RZB erwartet Normalisierung der Notenbanken-Geldpolitik – Abnehmende Wirtschaftsdynamik 2010,
Zinsen bleiben niedrig – Euroschwäche setzt sich im ersten Quartal fort
Wien (rzb) - Die Analysten der Raiffeisen Zentralbank Österreich AG (RZB) erwarten in der zweiten
Jahreshälfte 2010 ein etwas schwächeres Wirtschaftswachstum als zuletzt. Chefanalyst Peter Brezinschek
sieht außerdem einen klaren Trend zur Normalisierung in der Liquiditätsversorgung am Finanzmarkt: "Die
Notenbanken bereiten sich nun auf den Ausstieg aus den Notmaßnahmen vor, die zuvor für die Stabilität
auf den Märkten wichtig waren."
Auf den Aktienmärkten sieht RZB-Experte Helge Rechberger unruhigere Zeiten: "Wir erwarten, dass sich
die konjunkturelle Grundstimmung im neuen Jahr tendenziell eintrüben wird." Rechberger favorisiert folglich
defensive Branchen wie den Versorger- und den Telekommunikationssektor und empfiehlt, Aktien zu verkaufen.

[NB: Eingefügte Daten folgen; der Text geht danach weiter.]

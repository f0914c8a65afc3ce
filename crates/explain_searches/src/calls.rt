//! Token searches near a place of a text that parses as a script: in calls, loop heads and formats.

use explain_hints::token_context::TokenContext;
use lexer::lexer::Lexer;
use lexer::token::{Token, TokenKind};
use std::alloc::{AllocError, Global};

/// The consumer of the values of a call.
#[derive(Clone, Copy, Debug, PartialEq, Eq)]
pub enum ValueConsumer {
    /// No consumer: the call is a statement.
    Nobody,
    /// An expression, or one variable.
    One,
    /// A list of names in brackets, with its length.
    Names(usize),
}

/// Returns the consumer of the values of a call. `at`: the offset at which the called name begins.
pub fn taker_of(alloc: Global, text: &[u8], at: usize) -> Result<ValueConsumer, AllocError> {
    let around = TokenContext::new(alloc, text, at)?;
    let is_first = around.first.span == around.found.span;
    if is_first
        || around.first.kind == TokenKind::At && around.opener.kind != TokenKind::OpenRound
    {
        return Ok(ValueConsumer::Nobody);
    }
    if around.first.kind == TokenKind::OpenRound && around.last.kind == TokenKind::Assign {
        return Ok(ValueConsumer::Names(count_behind(text, around.first.span.from)));
    }
    Ok(ValueConsumer::One)
}

/// Returns the number of comma-separated entries in the first brackets that open at an offset or after it.
pub fn count_behind(text: &[u8], at: usize) -> usize {
    let mut lexer = Lexer::behind(text, at.min(text.len()));
    let mut depth: usize = 0;
    let mut commas: usize = 0;
    let mut is_empty = true;
    for _ in at..text.len() {
        let Some(token) = next_token(&mut lexer) else {
            break;
        };
        match token.kind {
            TokenKind::OpenRound | TokenKind::OpenSquare => {
                is_empty = is_empty && depth == 0;
                depth = depth.saturating_add(1);
            }
            TokenKind::CloseRound | TokenKind::CloseSquare => {
                depth = depth.saturating_sub(1);
                if depth == 0 {
                    break;
                }
            }
            TokenKind::Comma if depth == 1 => commas = commas.saturating_add(1),
            _ => is_empty = is_empty && depth == 0,
        }
    }
    if is_empty {
        0
    } else {
        commas.saturating_add(1)
    }
}

/// Returns the name of the array that a loop iterates over, or `None` for a range.
///
/// `at` is the offset at which the name of the loop's value or key ends.
pub fn looped_array(text: &[u8], at: usize) -> Option<&[u8]> {
    let mut lexer = Lexer::behind(text, at.min(text.len()));
    let mut token = next_token(&mut lexer)?;
    if token.kind == TokenKind::Comma {
        let _key = next_token(&mut lexer)?;
        token = next_token(&mut lexer)?;
    }
    if token.kind != TokenKind::In {
        return None;
    }
    let array = next_token(&mut lexer)?;
    if array.kind == TokenKind::Name {
        Some(array.text)
    } else {
        None
    }
}

/// Returns true if the token before an offset is a `,`.
pub fn is_behind_comma(text: &[u8], at: usize) -> bool {
    let mut lexer = Lexer::behind(text, 0);
    let mut last = TokenKind::End;
    for _ in 0..text.len() {
        match next_token(&mut lexer) {
            Some(token) if token.span.from < at => last = token.kind,
            _ => break,
        }
    }
    last == TokenKind::Comma
}

/// Returns the number of values that a format takes, or `None` if the first argument is not a string.
///
/// The format is searched in the first brackets that open at an offset or after it.
pub fn conversions_behind(text: &[u8], at: usize) -> Option<usize> {
    let mut lexer = Lexer::behind(text, at.min(text.len()));
    let _bracket = next_token(&mut lexer)?;
    let format = next_token(&mut lexer)?;
    if format.kind != TokenKind::Text {
        return None;
    }
    let mut count: usize = 0;
    let mut begun = false;
    for byte in format.text {
        if begun && *byte != b'%' {
            count = count.saturating_add(1);
        }
        begun = *byte == b'%' && !begun;
    }
    Some(count)
}

/// Returns true if a name occurs between an offset and the next `;`.
pub fn is_read_behind(text: &[u8], at: usize, name: &[u8]) -> bool {
    let mut lexer = Lexer::behind(text, at.min(text.len()));
    for _ in at..text.len() {
        match next_token(&mut lexer) {
            Some(token) if token.kind != TokenKind::Semicolon => {
                if token.text == name {
                    return true;
                }
            }
            _ => return false,
        }
    }
    false
}

/// Returns the next token, or `None` at the end or at a lexical fault.
pub fn next_token<'t>(lexer: &mut Lexer<'t>) -> Option<Token<'t>> {
    match lexer.next() {
        Some(Ok(token)) => Some(token),
        _ => None,
    }
}

/// Returns the kind of the token after the next `=`, or `End` if the token at the offset is not a `=`.
pub fn value_behind(text: &[u8], at: usize) -> TokenKind {
    let mut lexer = Lexer::behind(text, at.min(text.len()));
    match next_token(&mut lexer) {
        Some(token) if token.kind == TokenKind::Assign => match next_token(&mut lexer) {
            Some(value) => value.kind,
            None => TokenKind::End,
        },
        _ => TokenKind::End,
    }
}

/// Returns the bytes of the token after an offset, or no bytes if there is none.
pub fn text_behind(text: &[u8], at: usize) -> &[u8] {
    let mut lexer = Lexer::behind(text, at.min(text.len()));
    match next_token(&mut lexer) {
        Some(token) => token.text,
        None => &[],
    }
}

/// Returns the first token of the second argument of the call whose `(` follows an offset, if the first argument is one
/// token.
pub fn second_argument(text: &[u8], at: usize) -> Option<Token<'_>> {
    let mut lexer = Lexer::behind(text, at.min(text.len()));
    let _bracket = next_token(&mut lexer)?;
    let _first = next_token(&mut lexer)?;
    let _comma = next_token(&mut lexer)?;
    next_token(&mut lexer)
}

Notenbanken beginnen mit Liquiditätsabbau
Die Europäische Zentralbank (EZB) und die Federal Reserve (Fed) haben ihre "Exit"-Strategie zum
langsamen Liquiditätsabbau bereits formuliert. Ziel ist es, die Geldmittelversorgung schrittweise einzudämmen,
nachdem sich die Situation in der Finanzwelt wieder gebessert hat. Geplant ist eine Verkürzung der Laufzeiten
von Krediten an die Geschäftsbanken. "Früher oder später sollte der Großteil des ausstehenden
Volumens wieder über die Hauptrefinanzierungsgeschäfte vergeben werden. Das bedeutet Laufzeiten von einer
Woche, wie es vor der Krise üblich war", so Brezinschek. Leitzinsanhebungen stellen aus Sicht der RZB-Analysten
erst den letzten Schritt aus der erweiterten Geldpolitik dar. Sie werden im ersten Halbjahr nicht auf dem Plan
stehen, sondern erst im Verlauf der zweiten Jahreshälfte einsetzen.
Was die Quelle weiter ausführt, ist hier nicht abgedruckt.